The one certainty about if and when the Federal Reserve will raise interest rates is that nothing is certain. The Fed decision-making process has become like a tug-of -war with the participants pulling in 10 different directions at the same time.
The complexity of the issues affecting a rates decision, one way or the other, is reflected in the fact that every time a Fed official voices an opinion, conflicting views are expressed at the same time. An example of this would be when New York Fed President Bill Dudley said on Wednesday that “at this moment” a rate hike no longer seems as “compelling” as it did. A short while after, referring to the September 16/17 FOMC meeting, he said quite clearly that a September rate increase “could become ‘more compelling’ by the time of the meeting as we get additional information.”
One factor coming out of Fed talks by different officials seems to be an almost common desire to increase rates in order to start normalizing interest rates and allowing market forces to push further economic growth.
Economists and investors alike were watching the annual get together of central bankers from around the globe at Jackson Hole, Wyoming, for indications of the direction officials might be taking with regard to a rate hike.
Fed vice chairman Stanley Fischer is on record as saying that there are two important elements to any rates hike decision, while he introduced a third element in his address at Jackson Hole. The first being that there are good indications that an economic recovery is underway and the second that inflation is growing towards the 2% “ideal” set by the Fed while the third element is an end to the volatility in global markets emanating from China.

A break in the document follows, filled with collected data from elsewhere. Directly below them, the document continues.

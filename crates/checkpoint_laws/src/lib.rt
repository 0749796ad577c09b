//! The laws of the texts of parts and checkpoints. Each has one text, and a text is read as the part or the checkpoint that it was
//! written of; no checkpoint's text begins with that of another; and states that are the same but for the addresses of their objects
//! have one text.
//!
//! Definitions and laws alone: each law is the contract of a function that does nothing.
#![tactic(auto)]

mod part_laws;
mod sameness_laws;
mod spelling_laws;
mod text_laws;

pub use part_laws::{
    a_knot_has_a_text, a_part_text_is_read_back, what_is_read_has_a_text, what_is_read_is_closed,
};
pub use sameness_laws::same_states_have_one_checkpoint_text;
pub use spelling_laws::a_text_is_read_back;
pub use text_laws::{a_checkpoint_has_one_text, what_is_read_is_a_text};
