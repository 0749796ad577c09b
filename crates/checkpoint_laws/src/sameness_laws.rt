ghost use Rattle.std.specs.Prelude.{◌≡◌};
ghost use Rattle.py_heap.specs.declared.state.State.{State};
ghost use Rattle.py_heap.specs.References.{IsClosed};
ghost use Rattle.graph_model.specs.declared.graph.Graph.{Graph};
ghost use Rattle.graph_model.specs.declared.plan.Plan.{Plan};
ghost use Rattle.py_laws.specs.Same.{SameStates};
ghost use Rattle.checkpoint_bytes.specs.Texts.{checkpoint_text, checkpoint_text1};

/// Closed states that are the same, with an equal count and an equal meter, have one text of each version under each graph and each plan: the
/// graph needn't be theirs, nor the plan feasible.
pub fn same_states_have_one_checkpoint_text()
    ensures one { (s t : State) (graph : Graph) (plan : Plan) → IsClosed s → IsClosed t → SameStates s t
        → checkpoint_text1 s graph plan ≡ checkpoint_text1 t graph plan }
    ensures two { (s t : State) (graph : Graph) (plan : Plan) → IsClosed s → IsClosed t → SameStates s t
        → checkpoint_text s graph plan ≡ checkpoint_text t graph plan }
{}
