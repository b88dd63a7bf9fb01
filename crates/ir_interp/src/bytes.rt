//! Bytes of lanes, low byte first.
//!
//! What makes lists fails for want of memory alone, the rest not at all. A byte is a number or, where it is none, poison.

ghost use Rattle.std.specs.Prelude.{◌≡◌, ◌≤◌, ◌<◌, ◌+◌, ◌*◌, ◌^◌, ℕ, ◌++◌, IfOk, OnOk, drop};
ghost use Rattle.vx_num.specs.Width.{IsLane};
ghost use Rattle.ir_model.specs.Memory.{lane_bytes, row_bytes, with_low, lane_from};
ghost use Rattle.ir_model.specs.Accesses.{bytes_of, lanes_from};
ghost use Rattle.ir_interp.specs.Lowest.{low_byte, above_low};

use ir_model::{Object, Value};
use ir_types::{Lits, Ty};
use std::alloc::Global;
use vx_list::OutOfMemory;
use vx_num::Lane;

/// A byte of a memory.
pub(crate) type Byte = Option<u8>;

/// Puts the bytes of a lane after others.
fn push_lane(bytes: &mut Object, size: usize, lane: Lane) -> Result<(), OutOfMemory>
    ensures { OnOk result (bytes.new ≡ bytes.old ++ lane_bytes size lane) }
{
    let mut rest = lane;
    for _ in 0..size {
        bytes.push(low_byte(rest))?;
        rest = above_low(rest);
    }
    Ok(())
}

/// The low byte of a lane.
fn low_byte(lane: Lane) -> Byte
    ensures { result ≡ low_byte lane }
{
    Some((lane? % 256) as u8)
}

/// What is above the low byte of a lane.
fn above_low(lane: Lane) -> Lane
    ensures { result ≡ above_low lane }
{
    Some(lane? / 256)
}

/// The bytes of lanes, one after another.
fn row_bytes(alloc: Global, size: usize, lanes: &[Lane]) -> Result<Object, OutOfMemory>
    ensures { IfOk result (λ bytes. bytes ≡ row_bytes size lanes.now) }
{
    let mut bytes = Object::new(alloc);
    for lane in lanes {
        push_lane(&mut bytes, size, *lane)?;
    }
    Ok(bytes)
}

/// The bytes of a lane.
fn lane_bytes(alloc: Global, size: usize, lane: Lane) -> Result<Object, OutOfMemory>
    ensures { IfOk result (λ bytes. bytes ≡ lane_bytes size lane) }
{
    let mut bytes = Object::new(alloc);
    push_lane(&mut bytes, size, lane)?;
    Ok(bytes)
}

/// The bytes of a value of a type that can be stored.
pub(crate) fn bytes_of(alloc: Global, ty: Ty, value: &Value) -> Result<Option<Object>, OutOfMemory>
    ensures { IfOk result (λ bytes. bytes ≡ bytes_of ty value.now) }
{
    match (ty, value) {
        (Ty::Int(w), Value::Lane(lane)) => Ok(Some(lane_bytes(alloc, usize::from(w / 8), *lane)?)),
        (Ty::Row { w, .. }, Value::Row(lanes)) => Ok(Some(row_bytes(
            alloc,
            usize::from(w / 8),
            lanes.as_lanes().as_slice(),
        )?)),
        _ => Ok(None),
    }
}

/// A byte below a number.
fn with_low(byte: Byte, high: Lane) -> Lane
    requires { IsLane 56 high }
    ensures value { result ≡ with_low byte high }
    ensures lane { (k : ℕ) → IsLane (8 * k) high → IsLane (8 + 8 * k) result }
{
    match (byte, high) {
        (Some(byte), Some(high)) => Some(joined(byte, high)),
        _ => None,
    }
}

/// The number of a byte and what is above it.
fn joined(byte: u8, high: u64) -> u64
    requires { high < 2 ^ 56 }
    ensures value { result ≡ byte + 256 * high }
    ensures bound { (k : ℕ) → high < 2 ^ (8 * k) → result < 2 ^ (8 + 8 * k) }
{
    u64::from(byte) + 256 * high
}

/// The lane that the first so many bytes are; one poison byte makes it poison.
pub(crate) fn lane_from(size: usize, bytes: &[Byte]) -> Lane
    requires { size ≤ 8 }
    ensures value { result ≡ lane_from size bytes.now }
    ensures lane { IsLane (8 * size) result }
{
    if size == 0 {
        return Some(0);
    }
    match bytes {
        [byte, more @ ..] => with_low(*byte, lane_from(size - 1, more)),
        [] => None,
    }
}

/// The lanes of so many bytes each that bytes begin with.
pub(crate) fn lanes_from(
    alloc: Global,
    count: usize,
    size: usize,
    bytes: &[Byte],
) -> Result<Lits, OutOfMemory>
    requires { size ≤ 8 }
    ensures { IfOk result (λ lanes. lanes ≡ lanes_from count size bytes.now) }
{
    let mut lanes = Lits::new(alloc);
    let mut rest = bytes;
    for _ in 0..count {
        lanes.push(lane_from(size, rest))?;
        rest = after(rest, size);
    }
    Ok(lanes)
}

/// The bytes after the first so many.
fn after(bytes: &[Byte], size: usize) -> &[Byte]
    ensures { result.now ≡ drop size bytes.now }
{
    if size <= bytes.len() {
        &bytes[size..]
    } else {
        &bytes[bytes.len()..]
    }
}
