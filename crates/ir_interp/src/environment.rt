//! The values and the types of a function's ids, and those of operands.
//!
//! What an id was given last is its value; an id that was given none is a poison pointer. The first parameter or instruction that
//! has an id gives its type; an id of none has no type. What fails fails for want of memory alone.

ghost use Rattle.std.specs.Prelude.{◌≡◌, IfOk, OnOk, map};
ghost use Rattle.ir_types.specs.declared.id.Id.{Id};
ghost use Rattle.ir_types.specs.declared.ty.Ty.{Ty};
ghost use Rattle.ir_model.specs.Values.{literal_value, value_of, type_of, with_value};
ghost use Rattle.ir_model.specs.Run.{types_of, typed_params, typed_insts, typed_blocks, start_env};
ghost use Rattle.ir_interp.specs.Slots.{over, env_in, types_in};

use crate::slots::Slots;
use ir_model::{Value, Values};
use ir_types::{Block, Func, Id, Inst, Literal, Opd, Param, Ty};
use std::alloc::Global;
use vx_list::{OutOfMemory, TryClone};

/// The values of ids.
#[derive(Drop)]
pub(crate) struct Environment {
    values: Slots<Value>,
}

impl Environment {
    /// The environment at the start of a function: each parameter has its argument.
    pub(crate) fn start(
        alloc: Global,
        params: &[Param],
        args: &Values,
    ) -> Result<Environment, OutOfMemory>
        ensures { IfOk result (λ env. env_in env.values.items ≡ start_env params.now args.now) }
    {
        let mut values = Slots::new(alloc);
        for i in 0..params.len() {
            let Some(value) = args.get(i) else {
                return Ok(Environment { values });
            };
            values.add(params[i].id, value.try_clone(alloc)?)?;
        }
        Ok(Environment { values })
    }

    /// Gives an id a value.
    pub(crate) fn set(&mut self, id: Id, value: Value) -> Result<(), OutOfMemory>
        ensures { OnOk result (env_in self.new.values.items ≡ with_value (env_in self.old.values.items) id value) }
    {
        self.values.set(id, value)?;
        Ok(())
    }

    /// The value of an operand; a global's is the pointer to the start of its object.
    pub(crate) fn value_of(&self, alloc: Global, opd: &Opd) -> Result<Value, OutOfMemory>
        ensures { IfOk result (λ value. value ≡ value_of (env_in self.now.values.items) opd.now) }
    {
        match opd {
            Opd::Val(id) => match self.values.get(*id) {
                Some(value) => value.try_clone(alloc),
                None => Ok(Value::Ptr(None)),
            },
            Opd::Lit(literal) => literal_value(alloc, literal),
            Opd::Sym(global) => Ok(Value::Ptr(Some((*global, 0)))),
        }
    }

    /// The values of operands, in order.
    pub(crate) fn values_of(&self, alloc: Global, opds: &[Opd]) -> Result<Vec<Value>, OutOfMemory>
        ensures { IfOk result (λ values. values.items ≡ map (value_of (env_in self.now.values.items)) opds.now) }
    {
        let mut values = Vec::with_capacity(alloc, opds.len())?;
        for opd in opds {
            values.push(self.value_of(alloc, opd)?)?;
        }
        Ok(values)
    }
}

/// The value of a literal.
fn literal_value(alloc: Global, literal: &Literal) -> Result<Value, OutOfMemory>
    ensures { IfOk result (λ value. value ≡ literal_value literal.now.ty literal.now.lanes) }
{
    match (literal.ty, literal.lanes.as_lanes().as_slice()) {
        (Ty::Int(_), [lane]) => Ok(Value::Lane(*lane)),
        (Ty::Row { .. }, _) => Ok(Value::Row(literal.lanes.try_clone(alloc)?)),
        _ => Ok(Value::Ptr(None)),
    }
}

/// The types of ids.
#[derive(Drop)]
pub(crate) struct Types {
    types: Slots<Ty>,
}

impl Types {
    /// The types of the ids of a function.
    pub(crate) fn of(alloc: Global, func: &Func) -> Result<Types, OutOfMemory>
        ensures { IfOk result (λ types. types_in types.types.items ≡ types_of func.now) }
    {
        let mut types = Types {
            types: Slots::new(alloc),
        };
        types.add_params(func.params.as_slice())?;
        types.add_blocks(func.blocks.as_slice())?;
        Ok(types)
    }

    /// Adds the types of parameters.
    fn add_params(&mut self, params: &[Param]) -> Result<(), OutOfMemory>
        ensures { OnOk result ((rest : Id → Ty) → over self.new.types.items rest ≡ over self.old.types.items (typed_params params.now rest)) }
    {
        for param in params {
            self.types.add(param.id, param.ty)?;
        }
        Ok(())
    }

    /// Adds the types of blocks.
    fn add_blocks(&mut self, blocks: &[Block]) -> Result<(), OutOfMemory>
        ensures { OnOk result (types_in self.new.types.items ≡ over self.old.types.items (typed_blocks blocks.now)) }
    {
        for block in blocks {
            self.add_insts(block.insts.as_slice())?;
        }
        Ok(())
    }

    /// Adds the types of instructions.
    fn add_insts(&mut self, insts: &[Inst]) -> Result<(), OutOfMemory>
        ensures { OnOk result ((rest : Id → Ty) → over self.new.types.items rest ≡ over self.old.types.items (typed_insts insts.now rest)) }
    {
        for inst in insts {
            self.types.add(inst.id, inst.ty)?;
        }
        Ok(())
    }

    /// The type of an operand.
    pub(crate) fn type_of(&self, opd: &Opd) -> Ty
        ensures { result ≡ type_of (types_in self.now.types.items) opd.now }
    {
        match opd {
            Opd::Val(id) => match self.types.get(*id) {
                Some(ty) => *ty,
                None => Ty::Void,
            },
            Opd::Lit(literal) => literal.ty,
            Opd::Sym(_) => Ty::Ptr,
        }
    }

    /// The types of operands, in order.
    pub(crate) fn types_of(&self, alloc: Global, opds: &[Opd]) -> Result<Vec<Ty>, OutOfMemory>
        ensures { IfOk result (λ types. types.items ≡ map (type_of (types_in self.now.types.items)) opds.now) }
    {
        let mut types = Vec::with_capacity(alloc, opds.len())?;
        for opd in opds {
            types.push(self.type_of(opd))?;
        }
        Ok(types)
    }
}
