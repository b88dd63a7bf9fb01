//! The lanes of vectors: taking one, replacing one, and choosing of two vectors.
//!
//! Each function fails for want of memory alone. Undefined behaviour, as where a vector has not the lanes of its type, is `None`.

ghost use Rattle.std.specs.Prelude.{◌≡◌, ◌<◌, ◌++◌, IfOk, OnOk, length, map, slice_set};
ghost use Rattle.ir_model.specs.Operations.{extract_value, insert_value, shuffle_value, all_poison, lane_at, with_lane_at};

use ir_model::Value;
use ir_types::{Lits, Ty};
use std::alloc::Global;
use vx_list::OutOfMemory;
use vx_num::Lane;

/// The lane at an index, of the type of the vector (Language Reference, "extractelement").
pub(crate) fn extract_value(ty: Ty, values: &[Value]) -> Option<Value>
    ensures { result ≡ extract_value ty values.now }
{
    match (ty, values) {
        (Ty::Row { n, .. }, [Value::Row(lanes), Value::Lane(index)]) => {
            if lanes.len() == usize::from(n) {
                Some(Value::Lane(lane_at(lanes.as_lanes().as_slice(), *index)))
            } else {
                None
            }
        }
        _ => None,
    }
}

/// The lane at an index; poison where there is none.
fn lane_at(lanes: &[Lane], index: Lane) -> Lane
    ensures { result ≡ lane_at lanes.now index }
{
    match lanes.get(index? as usize) {
        Some(lane) => *lane,
        None => None,
    }
}

/// The vector with one lane replaced (Language Reference, "insertelement").
pub(crate) fn insert_value(
    alloc: Global,
    ty: Ty,
    values: &[Value],
) -> Result<Option<Value>, OutOfMemory>
    ensures { IfOk result (λ value. value ≡ insert_value ty values.now) }
{
    match (ty, values) {
        (Ty::Row { n, .. }, [Value::Row(lanes), Value::Lane(lane), Value::Lane(index)]) => {
            if lanes.len() == usize::from(n) {
                Ok(Some(Value::Row(with_lane_at(
                    alloc,
                    lanes.as_lanes().as_slice(),
                    *lane,
                    *index,
                )?)))
            } else {
                Ok(None)
            }
        }
        _ => Ok(None),
    }
}

/// The lanes with one replaced; all poison where the index is.
fn with_lane_at(alloc: Global, lanes: &[Lane], lane: Lane, index: Lane) -> Result<Lits, OutOfMemory>
    ensures { IfOk result (λ done. done ≡ with_lane_at lanes.now lane index) }
{
    match index {
        Some(at) if at < lanes.len() as u64 => replaced(alloc, lanes, at as usize, lane),
        _ => all_poison(alloc, lanes),
    }
}

/// The lanes with the one at a place replaced.
fn replaced(alloc: Global, lanes: &[Lane], at: usize, lane: Lane) -> Result<Lits, OutOfMemory>
    requires { at < length lanes.now }
    ensures { IfOk result (λ done. done ≡ slice_set lanes.now at lane) }
{
    let mut done = Lits::new(alloc);
    push_all(&mut done, &lanes[..at])?;
    done.push(lane)?;
    push_all(&mut done, &lanes[at + 1..])?;
    Ok(done)
}

/// Puts lanes after others.
fn push_all(lanes: &mut Lits, more: &[Lane]) -> Result<(), OutOfMemory>
    ensures { OnOk result (lanes.new ≡ lanes.old ++ more.now) }
{
    for lane in more {
        lanes.push(*lane)?;
    }
    Ok(())
}

/// As many lanes of poison.
fn all_poison(alloc: Global, lanes: &[Lane]) -> Result<Lits, OutOfMemory>
    ensures { IfOk result (λ done. done ≡ all_poison lanes.now) }
{
    let mut done = Lits::new(alloc);
    for _lane in lanes {
        done.push(None)?;
    }
    Ok(done)
}

/// Lanes of two vectors of a type, one for each entry of a mask (Language Reference, "shufflevector").
pub(crate) fn shuffle_value(
    alloc: Global,
    mask: &[Lane],
    ty: Ty,
    values: &[Value],
) -> Result<Option<Value>, OutOfMemory>
    ensures { IfOk result (λ value. value ≡ shuffle_value mask.now ty values.now) }
{
    match (ty, values) {
        (Ty::Row { n, .. }, [Value::Row(left), Value::Row(right)]) => {
            if left.len() == usize::from(n) && right.len() == usize::from(n) {
                Ok(Some(Value::Row(shuffled(
                    alloc,
                    mask,
                    left.as_lanes().as_slice(),
                    right.as_lanes().as_slice(),
                )?)))
            } else {
                Ok(None)
            }
        }
        _ => Ok(None),
    }
}

/// The lanes that a mask takes of two vectors, one after another.
fn shuffled(
    alloc: Global,
    mask: &[Lane],
    left: &[Lane],
    right: &[Lane],
) -> Result<Lits, OutOfMemory>
    ensures { IfOk result (λ done. done ≡ map (lane_at (left.now ++ right.now)) mask.now) }
{
    let mut done = Lits::new(alloc);
    for entry in mask {
        done.push(lane_of_two(left, right, *entry))?;
    }
    Ok(done)
}

/// The lane at an index of two vectors, one after another.
fn lane_of_two(left: &[Lane], right: &[Lane], index: Lane) -> Lane
    ensures { result ≡ lane_at (left.now ++ right.now) index }
{
    let at = index? as usize;
    if at < left.len() {
        left[at]
    } else {
        lane_at(right, Some((at - left.len()) as u64))
    }
}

Referring to the global market volatility, Fischer said, “it’s early to tell”, while speaking to CNBC on the sidelines of the Jackson Hole meeting. He added, “We’re still watching how it unfolds,” as he acknowledged along with other Fed officials that the global equities sell-off that started in China would influence the timing of the decision to hike the interest rate.
Former Fed vice chairman Alan Blinder says that Fed officials have made it clear that they don't want to surprise the markets when they finally make a decision. Had any consensus emerged out of the meeting, this would have been made known to the market.
Meanwhile, Blinder said in a radio interview, “If they knew, they’d already be giving strong hints. You’d have heard something from Janet Yellen pushing in the September-ish or December-ish direction. We’ve heard nothing like that from chair Yellen.”
Fed watchers appear to agree on one thing, if the financial markets don't return to stability, the Fed will hold back on a September rates increase.
A conflicting view comes from Jim Glassman, economist at J.P. Morgan Chase & Co. who thinks Janet Yellen will decide to increase the interest rate in September.
Glassman commented, “This is the most important test a central banker has faced in the past several decades.” His prediction is that the Fed Chair would increase the rates to illustrate to the markets that “there is no reason to panic.”